É importante ressaltar que os dados sugeriram uma prevalência significativamente maior de trombose venosa profunda em participantes após a infecção por SARS-CoV-2. Embora afetado por algum viés do examinador, o ultrassom de compressão é comumente aceito e amplamente utilizado como padrão de referência na prática clínica diária. Os achados aumentaram as evidências de uma associação entre COVID-19 e tromboembolismo venoso, ao mesmo tempo em que se somam a uma coorte recrutada prospectivamente com doença leve ou moderada.

É importante notar que os níveis dos parâmetros de coagulação avaliados em uma mediana de 9,6 meses após a infecção leve a moderada por SARS-CoV-2 não diferiram em comparação com os controles correspondentes. Portanto, os pesquisadores sugeriram que os próprios eventos trombóticos agudos, associados à ativação da coagulação e da cascata fibrinolítica, ocorreram muito mais cedo durante o curso da COVID-19.
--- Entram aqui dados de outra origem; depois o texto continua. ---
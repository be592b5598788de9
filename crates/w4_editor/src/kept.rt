//! One entry of a kept list: a kept place with its state and its link.

ghost use Rattle.std.specs.Prelude.{◌≡◌, ◌+◌, ◌-◌, ◌<◌, false, true, IfOk};
ghost use Rattle.w4_defs.specs.KeptList.{kept_entries};
ghost use Rattle.w4_defs.specs.Session.{moved_down, moved_up};

use std::alloc::AllocError;
use std::marker::Model;
use std::rc::Rc;
use w4_map::State;
use w4_snap::Snap;

/// A kept place. Copies of an entry share its snapshot. A contract sees the place, the state and the link.
#[derive(Drop)]
pub struct Kept {
    place: usize,
    snap: Rc<Snap>,
    linked: bool,
}

impl Model for Kept {
    ghost use Rattle.w4_defs.specs.KeptList.{Entry};

    ghost Value = { Entry };

    ghost view = { λ k. record { place = k.place; state = k.snap.value; linked = k.linked } };
}

impl Kept {
    /// A linked entry.
    pub(crate) fn new(place: usize, snap: Rc<Snap>) -> Kept
        ensures { result ≡ record { place = place; state = snap.value; linked = true } }
    {
        Kept {
            place,
            snap,
            linked: true,
        }
    }

    /// The place.
    pub fn place(&self) -> usize
        ensures { result ≡ self.now.place }
    {
        self.place
    }

    /// Whether the state is what the inputs between make of the state of the entry before.
    pub fn linked(&self) -> bool
        ensures { result ≡ self.now.linked }
    {
        self.linked
    }

    /// The snapshot of the state.
    pub(crate) fn snap(&self) -> &Snap
        ensures { result.now ≡ self.now.state }
    {
        &self.snap
    }

    /// Another entry with the same snapshot, of which no page is copied.
    pub(crate) fn share(&self) -> Result<Kept, AllocError>
        ensures { IfOk result (λ r. r ≡ self.now) }
    {
        Ok(Kept {
            place: self.place,
            snap: self.snap.clone()?,
            linked: self.linked,
        })
    }

    pub(crate) fn link(&mut self)
        ensures { self.new ≡ record { place = self.old.place; state = self.old.state; linked = true } }
    {
        self.linked = true;
    }

    pub(crate) fn unlink(&mut self)
        ensures { self.new ≡ kept_entries.unlinked self.old }
    {
        self.linked = false;
    }

    /// Puts another state, and links the entry.
    pub(crate) fn replace(&mut self, snap: Rc<Snap>)
        ensures { self.new ≡ record { place = self.old.place; state = snap.value; linked = true } }
    {
        self.snap = snap;
        self.linked = true;
    }

    /// Moves up by 1 if it is above place `k`, as inserting input `k` requires.
    pub(crate) fn move_up(&mut self, k: usize)
        requires { self.old.place < usize.MAX }
        ensures { self.new ≡ moved_up kept_entries k self.old }
    {
        if self.place > k {
            self.place += 1;
        }
    }

    /// Moves down by 1 if it is above place `k`, as removing input `k` requires.
    pub(crate) fn move_down(&mut self, k: usize)
        ensures { self.new ≡ moved_down kept_entries k self.old }
    {
        if self.place > k {
            self.place -= 1;
        }
    }

    /// Takes the place after a dropped entry: it is linked if both were.
    pub(crate) fn link_after(&mut self, dropped: &Kept)
        ensures { self.new ≡ kept_entries.after_drop dropped.now self.old }
    {
        self.linked = dropped.linked && self.linked;
    }
}
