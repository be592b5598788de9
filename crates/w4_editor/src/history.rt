//! The history of an editor's drafts.

ghost use Rattle.std.specs.Prelude.{◌≡◌, Err, IfErr, None, OnErr, OnOk, Ok};
ghost use Rattle.w4_defs.specs.Session.{redo, undo};
ghost use Rattle.w4_editor.specs.Editor.{with_session};

use crate::draft::exchange;
use crate::editor::Editor;
use std::alloc::Global;
use w4_defs::EditRefusal;

impl Editor {
    /// Goes one draft back: its inputs, kept places, states and links. No place is shown then. Takes no
    /// memory. Errors: NothingToUndo if there is none, and then nothing has changed.
    pub fn undo(&mut self, _alloc: Global) -> Result<(), EditRefusal>
        ensures ok { OnOk result (undo self.old.session ≡ Ok self.new.session) }
        ensures others { OnOk result (self.new ≡ with_session self.old self.new.session None) }
        ensures refused { IfErr result (λ refusal. undo self.old.session ≡ Err refusal) }
        ensures unchanged { OnErr result (self.new ≡ self.old) }
    {
        let Some(draft) = self.older.pop_back() else {
            return Err(EditRefusal::NothingToUndo);
        };
        let undone = exchange(&mut self.recording, &mut self.kept, draft);
        self.newer.push_back(undone);
        self.at = None;
        Ok(())
    }

    /// Goes one draft on: its inputs, kept places, states and links. No place is shown then. Takes no memory.
    /// Errors: NothingToRedo if there is none, and then nothing has changed.
    pub fn redo(&mut self, _alloc: Global) -> Result<(), EditRefusal>
        ensures ok { OnOk result (redo self.old.session ≡ Ok self.new.session) }
        ensures others { OnOk result (self.new ≡ with_session self.old self.new.session None) }
        ensures refused { IfErr result (λ refusal. redo self.old.session ≡ Err refusal) }
        ensures unchanged { OnErr result (self.new ≡ self.old) }
    {
        let Some(draft) = self.newer.pop_back() else {
            return Err(EditRefusal::NothingToRedo);
        };
        let redone = exchange(&mut self.recording, &mut self.kept, draft);
        self.older.push_back(redone);
        self.at = None;
        Ok(())
    }
}
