//! Kept lists: what an edit, a keep, a drop and a showing do to their entries.

ghost use Rattle.std.specs.List.{filter, position};
ghost use Rattle.std.specs.Prelude.{
  ◌≡◌,
  ◌==◌,
  ◌<◌,
  All,
  IfOk,
  OnErr,
  OnOk,
  if◌then◌else◌,
  length,
  map,
  nat_lt,
  not,
};
ghost use Rattle.w4_defs.specs.KeptList.{
  first_above,
  kept_entries,
  kept_entry_at,
  relinked_at,
  replaced_at,
  unlinked_at,
};
ghost use Rattle.w4_defs.specs.Session.{
  is_kept,
  moved_down,
  moved_up,
  stays_after_delete,
  unlink_above,
  with_kept,
  without,
};
ghost use Rattle.w4_editor.specs.KeptList.{is_between, unlink_between};

use crate::kept::Kept;
use std::alloc::{AllocError, Global};
use std::rc::Rc;
use w4_snap::Snap;

/// Entry `i`.
pub(crate) fn entry_at(kept: &[Kept], i: usize) -> &Kept
    requires { i < length kept.now }
    ensures { result.now ≡ kept_entry_at kept.now i }
{
    &kept[i]
}

/// The first entry above a place, or how many there are.
pub(crate) fn first_above(kept: &[Kept], p: usize) -> usize
    ensures { result ≡ first_above p kept.now }
{
    find_above(kept, p).unwrap_or(kept.len())
}

fn find_above(kept: &[Kept], p: usize) -> Option<usize>
    ensures { result ≡ position (λ x. nat_lt p x.place) kept.now }
{
    kept.iter().position(|entry| p < entry.place())
}

fn find(kept: &[Kept], p: usize) -> Option<usize>
    ensures { result ≡ position (λ x. x.place == p) kept.now }
{
    kept.iter().position(|entry| entry.place() == p)
}

/// Whether a place is kept.
pub(crate) fn is_kept(kept: &[Kept], p: usize) -> bool
    ensures { result ≡ is_kept kept_entries p kept.now }
{
    kept.iter().any(|entry| entry.place() == p)
}

/// Copies of the entries, which share their snapshots: no page is copied.
pub(crate) fn share_all(alloc: Global, kept: &[Kept]) -> Result<Vec<Kept>, AllocError>
    ensures { IfOk result (λ all. all.items ≡ kept.now) }
{
    let mut all = Vec::with_capacity(alloc, kept.len())?;
    for entry in kept {
        all.push(entry.share()?)?;
    }
    Ok(all)
}

/// Links entry `i`, which keeps its state.
pub(crate) fn link_at(kept: &mut [Kept], i: usize)
    requires { i < length kept.old }
    ensures { kept.new ≡ relinked_at i kept.old }
{
    kept[i].link();
}

/// Unlinks entry `i`, if there is one.
pub(crate) fn unlink_at(kept: &mut [Kept], i: usize)
    ensures { kept.new ≡ unlinked_at i kept.old }
{
    if i < kept.len() {
        kept[i].unlink();
    }
}

/// Puts another state into entry `i` and links it; the entry after it, if there is one, is unlinked.
pub(crate) fn replace_at(kept: &mut [Kept], i: usize, snap: Rc<Snap>)
    requires { i < length kept.old }
    ensures { kept.new ≡ replaced_at i snap.value kept.old }
{
    kept[i].replace(snap);
    unlink_at(kept, i + 1);
}

/// Unlinks the first entry above a place.
pub(crate) fn unlink_above(kept: &mut [Kept], k: usize)
    ensures { kept.new ≡ unlink_above kept_entries k kept.old }
{
    let first = first_above(kept, k);
    unlink_at(kept, first);
}

/// Unlinks each entry that has one of the inputs `k` to `end - 1` between it and the entry before.
pub(crate) fn unlink_between(kept: &mut [Kept], k: usize, end: usize)
    ensures { kept.new ≡ unlink_between k end 0 kept.old }
{
    let mut from = 0;
    for entry in kept.iter_mut() {
        let place = entry.place();
        unlink_after(entry, from, k, end);
        from = place;
    }
}

/// Unlinks an entry that has one of the inputs `k` to `end - 1` between it and place `from`.
fn unlink_after(entry: &mut Kept, from: usize, k: usize, end: usize)
    ensures { entry.new
        ≡ (if is_between k end from entry.old.place then kept_entries.unlinked entry.old else entry.old) }
{
    if k.max(from) < end.min(entry.place()) {
        entry.unlink();
    }
}

/// Moves the entries above place `k` up, as the insertion of input `k` does.
pub(crate) fn move_up_above(kept: &mut [Kept], k: usize)
    requires { All (λ x. x.place < usize.MAX) kept.old }
    ensures { kept.new ≡ map (moved_up kept_entries k) kept.old }
{
    for entry in kept.iter_mut() {
        entry.move_up(k);
    }
}

/// Moves the entries above place `k` down, as the removal of input `k` does.
pub(crate) fn move_down_above(kept: &mut [Kept], k: usize)
    ensures { kept.new ≡ map (moved_down kept_entries k) kept.old }
{
    for entry in kept.iter_mut() {
        entry.move_down(k);
    }
}

/// If places `k` and `k + 1` are kept, drops the later one.
pub(crate) fn drop_double(kept: &mut Vec<Kept>, k: usize)
    requires { k < usize.MAX }
    ensures { kept.new.items ≡ filter (stays_after_delete kept_entries k kept.old.items) kept.old.items }
{
    if is_kept(kept.as_slice(), k) {
        drop_all_at(kept, k + 1);
    }
}

fn drop_all_at(kept: &mut Vec<Kept>, p: usize)
    ensures { kept.new.items ≡ filter (λ x. not (x.place == p)) kept.old.items }
{
    kept.retain(|entry| entry.place() != p);
}

/// Puts an entry before the first above its place.
pub(crate) fn insert_entry(kept: &mut Vec<Kept>, entry: Kept) -> Result<(), AllocError>
    ensures ok { OnOk result (kept.new.items ≡ with_kept kept_entries entry kept.old.items) }
    ensures err { OnErr result (kept.new.items ≡ kept.old.items) }
{
    let at = first_above(kept.as_slice(), entry.place());
    kept.insert(at, entry)?;
    Ok(())
}

/// Drops the entry at place `p`, if there is one; the entry after it is linked if both were.
pub(crate) fn drop_at(kept: &mut Vec<Kept>, p: usize)
    ensures { kept.new.items ≡ without kept_entries p kept.old.items }
{
    if let Some(at) = find(kept.as_slice(), p) {
        let dropped = kept.remove(at);
        if at < kept.len() {
            kept[at].link_after(&dropped);
        }
    }
}
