//! Showing, stepping, settling and keeping.

ghost use Rattle.std.specs.Prelude.{◌≡◌, ◌≢◌, ℕ, ◌+◌, ◌-◌, ◌<◌, ◌≤◌, ◌↔◌, IfErr, IfOk, IsOk, IsTrue, None};
ghost use Rattle.std.specs.Prelude.{OnErr, OnOk, Some, length};
ghost use Rattle.w4_defs.specs.KeptList.{computed, kept_entries, last_up_to, relinked_at, replaced_at};
ghost use Rattle.w4_defs.specs.KeptList.{state_at};
ghost use Rattle.w4_defs.specs.Run.{run_state};
ghost use Rattle.w4_defs.specs.Session.{keep_refusal, place_refusal, with_list};
ghost use Rattle.w4_defs.specs.declared.editing.EditRefusal.TheVariants.{NoFrame, OutOfMemory as NoMemory};
ghost use Rattle.w4_console.specs.Taken.{TellsUnits};
ghost use Rattle.w4_devices.specs.Records.{record_of};
ghost use Rattle.w4_editor.specs.Editor.{editing_setup, with_session};
ghost use Rattle.w4_editor.specs.Settling.{AreLinked};
ghost use Rattle.w4_editor.specs.Playing.{
  AreOfRun,
  CanKeep,
  IsAllSettled,
  IsAtEnd,
  IsKeptAt,
  IsPut,
  IsCauseOrMemory,
  IsShown,
  IsStepped,
  KeepsRecording,
};

use crate::editor::Editor;
use crate::kept_list::entry_at;
use crate::player::has_types;
use crate::showing::{
    are_linked_up_to, keep, keep_refusal, link, move_on, replace, settle_all, show,
    shown_before_end,
};
use std::alloc::Global;
use std::sync::ledger::Ledger;
use w4_console::FrameTaken;
use w4_defs::{EditRefusal, OutOfMemory, Steps};
use w4_devices::FrameRecord;
use w4_map::State;

/// Showing.
impl Editor {
    ghost use Rattle.std.specs.Borrow.{sem};
    ghost use Rattle.w4_editor.specs.Playing.{LendsShown, LendsStepped};

    /// The state at place `p`, which is shown then. Kept places up to it are brought up to date first, if
    /// that is owed; each frame is one tick. Where it is shown already, and they are up to date, no frame is
    /// run. Takes no memory if the kept places up to `p` are linked. Errors:
    /// NoFrame if there is no such place, and then nothing has changed; OutOfMemory, and then no place is
    /// shown, kept states and links may be newer, and recording, history and kept places are unchanged.
    pub fn show<L: Ledger>(
        &mut self,
        alloc: Global,
        p: usize,
        steps: &mut Steps<L>,
    ) -> Result<&State, EditRefusal>
        ensures* frames_run { sem 𝓛 (LendsShown p steps.old steps.new self.entry result) }
        ensures state { IfOk result (λ state. run_state (editing_setup self.old) self.old.disk
            self.old.session.current.inputs p ≡ Some state.now) }
        ensures refused { IfErr result (IsCauseOrMemory (place_refusal p self.old.session.current)) }
        ensures accepted { OnOk result (place_refusal p self.old.session.current ≡ None) }
        ensures linked { p ≤ length self.old.session.current.inputs
            → AreLinked (last_up_to p self.old.session.current.kept) self.old.session.current.kept
            → IsOk result }
        ensures idle { self.old.at ≡ Some p
            → AreLinked (last_up_to p self.old.session.current.kept) self.old.session.current.kept
            → steps.new ≡ steps.old }
    {
        if p > self.recording.frames.len() {
            return Err(EditRefusal::NoFrame);
        }
        self.go_to(alloc, p, steps)?;
        Ok(self.state())
    }

    /// Shows a place that is there, as `show` does. Errors: OutOfMemory, and then no place is shown, kept
    /// states and links may be newer, and recording, history and kept places are unchanged.
    pub fn go_to<L: Ledger>(
        &mut self,
        alloc: Global,
        p: usize,
        steps: &mut Steps<L>,
    ) -> Result<(), OutOfMemory>
        requires { p ≤ length self.old.session.current.inputs }
        ensures ok { OnOk result (IsShown p steps.old steps.new self.old self.new) }
        ensures err { OnErr result (KeepsRecording self.old self.new) }
        ensures at { OnErr result (self.new.at ≡ None) }
        ensures linked { AreLinked (last_up_to p self.old.session.current.kept) self.old.session.current.kept
            → IsOk result }
        ensures idle { self.old.at ≡ Some p
            → AreLinked (last_up_to p self.old.session.current.kept) self.old.session.current.kept
            → steps.new ≡ steps.old }
    {
        if self.stands_at(p) {
            return Ok(());
        }
        self.play_to(alloc, p, steps)
    }

    /// Whether place `p` is shown and the kept places up to it are linked: nothing is left to do for it.
    fn stands_at(&self, p: usize) -> bool
        ensures { IsTrue result ↔ ((self.now.at ≡ Some p)
            × AreLinked (last_up_to p self.now.session.current.kept) self.now.session.current.kept) }
    {
        match self.at {
            Some(at) if at == p => are_linked_up_to(self.kept.as_slice(), p),
            _ => false,
        }
    }

    /// Goes to a place that is there, from the last kept place up to it. Errors: OutOfMemory, and then no
    /// place is shown.
    fn play_to<L: Ledger>(
        &mut self,
        alloc: Global,
        p: usize,
        steps: &mut Steps<L>,
    ) -> Result<(), OutOfMemory>
        requires { p ≤ length self.old.session.current.inputs }
        ensures ok { OnOk result (IsShown p steps.old steps.new self.old self.new) }
        ensures err { OnErr result (KeepsRecording self.old self.new) }
        ensures at { OnErr result (self.new.at ≡ None) }
        ensures linked { AreLinked (last_up_to p self.old.session.current.kept) self.old.session.current.kept
            → IsOk result }
    {
        self.at = None;
        show(
            alloc,
            &mut self.player,
            &self.recording,
            &mut self.kept,
            p,
            steps,
        )?;
        self.at = Some(p);
        Ok(())
    }

    /// The state at the place that is shown; where none is, a state of which nothing is said.
    pub fn state(&self) -> &State
        ensures { (p : ℕ) → self.now.at ≡ Some p
            → run_state (editing_setup self.now) self.now.disk self.now.session.current.inputs p
            ≡ Some result.now }
    {
        self.player.state()
    }

    /// The state at the place after the one that is shown, and in `frame_record` its record. That place is
    /// shown then. Runs one frame, and takes no memory. Errors: NoFrame if no place is shown, or the last
    /// one, and then nothing has changed.
    pub fn step<L: Ledger>(
        &mut self,
        frame_record: &mut FrameRecord,
        steps: &mut Steps<L>,
    ) -> Result<&State, EditRefusal>
        ensures* stepped { sem 𝓛 (LendsStepped (record_of frame_record.new) self.entry result) }
        ensures state { IfOk result (λ state. (p : ℕ) → self.old.at ≡ Some p
            → run_state (editing_setup self.old) self.old.disk self.old.session.current.inputs (p + 1)
            ≡ Some state.now) }
        ensures ticks { OnOk result (steps.new ≡ steps.old + 1) }
        ensures idle { OnErr result ((steps.new ≡ steps.old) × (frame_record.new ≡ frame_record.old)) }
        ensures refused { IfErr result (λ refusal. (refusal ≡ NoFrame) × IsAtEnd self.old) }
    {
        self.step_units(frame_record, steps)?;
        Ok(self.state())
    }

    /// What the frame takes that leads to the place after the one that is shown, and in `frame_record` its
    /// record. That place is shown then. Runs one frame, and takes no memory. Errors: NoFrame if no place is
    /// shown, or the last one, and then nothing has changed.
    pub fn step_units<L: Ledger>(
        &mut self,
        frame_record: &mut FrameRecord,
        steps: &mut Steps<L>,
    ) -> Result<FrameTaken, EditRefusal>
        ensures ok { OnOk result (IsStepped (record_of frame_record.new) self.old self.new) }
        ensures taken { IfOk result (λ taken. (p : ℕ) → self.old.at ≡ Some p
            → TellsUnits (editing_setup self.old) self.old.disk self.old.session.current.inputs p taken) }
        ensures ticks { OnOk result (steps.new ≡ steps.old + 1) }
        ensures idle { OnErr result ((steps.new ≡ steps.old) × (frame_record.new ≡ frame_record.old)) }
        ensures refused { IfErr result (λ refusal. (refusal ≡ NoFrame) × IsAtEnd self.old) }
        ensures unchanged { OnErr result (self.new ≡ self.old) }
    {
        let Some(p) = shown_before_end(self.at, &self.recording) else {
            return Err(EditRefusal::NoFrame);
        };
        let taken = move_on(&mut self.player, &self.recording, p, frame_record, steps);
        self.at = Some(p + 1);
        Ok(taken)
    }

    /// Brings all kept places up to date; each frame is one tick. No place is shown then. Takes no memory
    /// where they are linked. Errors: OutOfMemory, and then no place is shown either, kept states and links
    /// may be newer, and recording, history and kept places are unchanged.
    pub fn settle<L: Ledger>(
        &mut self,
        alloc: Global,
        steps: &mut Steps<L>,
    ) -> Result<(), EditRefusal>
        ensures ok { OnOk result (IsAllSettled steps.old steps.new self.old self.new) }
        ensures states { OnOk result (AreOfRun self.new) }
        ensures err { OnErr result (KeepsRecording self.old self.new) }
        ensures at { OnErr result (self.new.at ≡ None) }
        ensures refused { IfErr result (λ refusal. refusal ≡ NoMemory) }
        ensures linked { AreLinked (length self.old.session.current.kept - 1) self.old.session.current.kept
            → IsOk result }
    {
        self.at = None;
        settle_all(
            alloc,
            &mut self.player,
            &self.recording,
            &mut self.kept,
            steps,
        )?;
        Ok(())
    }
}

/// Keeping.
impl Editor {
    /// Shows place `p` and keeps it, and says how many chunks of 1,024 bytes were copied. Errors: NoFrame if
    /// there is no such place; Kept if it is kept; FullSnapshots if 1,024 places are; after these nothing has
    /// changed. OutOfMemory, and then no place is shown, kept states and links may be newer, and recording,
    /// history and kept places are unchanged.
    pub fn keep<L: Ledger>(
        &mut self,
        alloc: Global,
        p: usize,
        steps: &mut Steps<L>,
    ) -> Result<u32, EditRefusal>
        ensures ok { IfOk result (λ copied. IsKeptAt p steps.old steps.new copied self.old self.new) }
        ensures err { OnErr result (KeepsRecording self.old self.new) }
        ensures at { IfErr result (λ refusal. refusal ≡ NoMemory → self.new.at ≡ None) }
        ensures refused { IfErr result
            (IsCauseOrMemory (keep_refusal kept_entries p self.old.session.current)) }
        ensures accepted { OnOk result (keep_refusal kept_entries p self.old.session.current ≡ None) }
        ensures unchanged { IfErr result (λ refusal. refusal ≢ NoMemory → self.new ≡ self.old) }
        ensures idle { IfErr result (λ refusal. refusal ≢ NoMemory → steps.new ≡ steps.old) }
    {
        if let Some(refusal) = keep_refusal(&self.recording, &self.kept, p) {
            return Err(refusal);
        }
        self.go_to(alloc, p, steps)?;
        Ok(self.keep_shown(alloc, p)?)
    }

    /// Keeps the place that is shown, where the entries below it are linked. Errors: OutOfMemory, and then no
    /// place is shown.
    fn keep_shown(&mut self, alloc: Global, p: usize) -> Result<u32, OutOfMemory>
        requires { CanKeep p self.old }
        ensures ok { IfOk result (λ copied. IsPut p copied self.old self.new) }
        ensures err { OnErr result (self.new ≡ with_session self.old self.old.session None) }
    {
        self.at = None;
        let copied = keep(alloc, &self.player, &mut self.kept, p)?;
        self.at = Some(p);
        Ok(copied)
    }

    /// Makes a state that of entry `i`.
    pub fn kept_restore(&self, i: usize, into: &mut State)
        requires there { i < length self.now.session.current.kept }
        requires globals { length into.old.globals ≡ length self.now.cart.globals }
        ensures { into.new ≡ state_at self.now.session.current.kept i }
    {
        entry_at(self.kept.as_slice(), i).snap().restore(into);
    }

    /// Whether a state is that of entry `i`.
    pub fn kept_same(&self, i: usize, state: &State) -> bool
        requires { i < length self.now.session.current.kept }
        ensures { IsTrue result ↔ (state_at self.now.session.current.kept i ≡ state.now) }
    {
        entry_at(self.kept.as_slice(), i).snap().same(state)
    }

    /// Links entry `i` of 1 or more, whose state is what the inputs between make of that of the entry before.
    pub fn link(&mut self, i: usize)
        requires there { i < length self.old.session.current.kept }
        requires some { 1 ≤ i }
        requires state { computed (editing_setup self.old) self.old.session.current.inputs
            self.old.session.current.kept (i - 1)
            ≡ Some (state_at self.old.session.current.kept i) }
        ensures { self.new ≡ with_session self.old
            (with_list self.old.session (relinked_at i self.old.session.current.kept)) self.old.at }
    {
        link(&mut self.kept, i);
    }

    /// Puts into entry `i` of 1 or more the state that the inputs between make of that of the entry before.
    /// The entry is linked, and the one after it unlinked. Errors: OutOfMemory, and then nothing has
    /// changed.
    pub fn replace(&mut self, alloc: Global, i: usize, state: &State) -> Result<(), OutOfMemory>
        requires there { i < length self.old.session.current.kept }
        requires some { 1 ≤ i }
        requires state { computed (editing_setup self.old) self.old.session.current.inputs
            self.old.session.current.kept (i - 1)
            ≡ Some state.now }
        ensures ok { OnOk result (self.new ≡ with_session self.old
            (with_list self.old.session (replaced_at i state.now self.old.session.current.kept))
            self.old.at) }
        ensures err { OnErr result (self.new ≡ self.old) }
    {
        has_types(&self.player);
        replace(alloc, &mut self.kept, i, state)?;
        Ok(())
    }
}
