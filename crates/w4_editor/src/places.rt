//! The places of an editor's recording.

ghost use Rattle.std.specs.Prelude.{◌≡◌, ◌≤◌, length};
ghost use Rattle.w4_defs.specs.Session.{is_kept, places_alone};
ghost use Rattle.w4_editor.specs.Editor.{place_session};

use crate::editor::Editor;

/// The last place, which is how many inputs there are.
pub fn last_place(editor: &Editor) -> usize
    ensures last { result ≡ length editor.now.session.current.inputs }
    ensures few { result ≤ 36000 }
{
    editor.session_is_consistent();
    editor.recording().frames.len()
}

/// Whether a place is kept.
pub fn is_kept(editor: &Editor, place: usize) -> bool
    ensures { result ≡ is_kept places_alone place (place_session editor.now).current.kept }
{
    for i in 0..editor.kept_count() {
        if editor.kept_place(i) == place {
            return true;
        }
    }
    false
}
Nesse contexto, as veias não compressíveis observadas no estudo devem ser interpretadas como remanescentes de processos fibróticos que substituem o material trombótico prévio. Levando em consideração as evidências existentes, os resultados estudo sugeriram que a vigilância baseada em diretrizes com detecção ativa de trombose venosa profunda deve ser considerada no caso de suspeita clínica mínima precoce durante a infecção pela COVID-19.

A avaliação do sistema arterial indicou placas carotídeas mais frequentes em participantes pós-SARS-CoV-2 em comparação com controles pareados, enquanto a CIMT foi comparável entre os grupos.

Os participantes também apresentaram uma diminuição sutil na função renal em comparação com os controles correspondentes, o que também não parece clinicamente relevante no momento da pesquisa. No entanto, estudos de autópsia mostraram tropismo renal distinto relacionado ao SARS-CoV-2 e anormalidades urinárias precoces associadas à mortalidade e falência de múltiplos órgãos em pacientes hospitalizados com COVID-19.

Portanto, as diferenças observadas refletiram uma lesão específica relacionada ao SARS-CoV-2 com trajetória de início para doença renal crônica precoce, sendo um importante fator de risco para mortalidade e eventos cardiovasculares. Portanto, os pesquisadores defenderam uma avaliação de acompanhamento de um marcador de função renal em 6 a 9 meses, mesmo após infecções leves por SARS-CoV-2.

A ressonância magnética não revelou nenhum sinal de dano cerebral vascular aumentado. A presença e a quantidade de micro-hemorragias cerebrais e hiperintensidades da substância branca como a marca mais comum da doença dos pequenos vasos sanguíneos foram comparáveis ​​entre os participantes recuperados da COVID-19 leve a moderado e controles.

Parâmetros centrais como depressão, ansiedade e qualidade de vida foram testados. Não foram observadas diferenças significativas em nenhuma das cinco escalas na análise principal. No entanto, em uma análise exploratória de subgrupo, foram observados graus mais altos de depressão e ansiedade em indivíduos com curso moderado da COVID-19 em comparação com indivíduos sem sintomas ou sintomas leves.

Esses achados estendem e corroboram trabalhos anteriores que descrevem sintomas graves prolongados da COVID-19, afetando também o domínio psicossocial. Pessoas após doença leve a moderada podem ter normalizado seus níveis anteriormente elevados de ansiedade e depressão no momento da pesquisa.

Em conclusão, no projeto HCHS COVID, os pesquisadores demonstraram que os pacientes que parecem ter se recuperado da COVID-19 leve a moderado sofrem de doença multiorgânica subclínica modesta relacionada à função trombótica, pulmonar, cardíaca e renal, sem sinais óbvios de danos cerebrais, função cognitiva prejudicada ou qualidade de vida.

Embora o impacto no resultado a muito longo prazo permaneça incerto, recomenda-se um exame clínico padronizado para essas condições após a recuperação.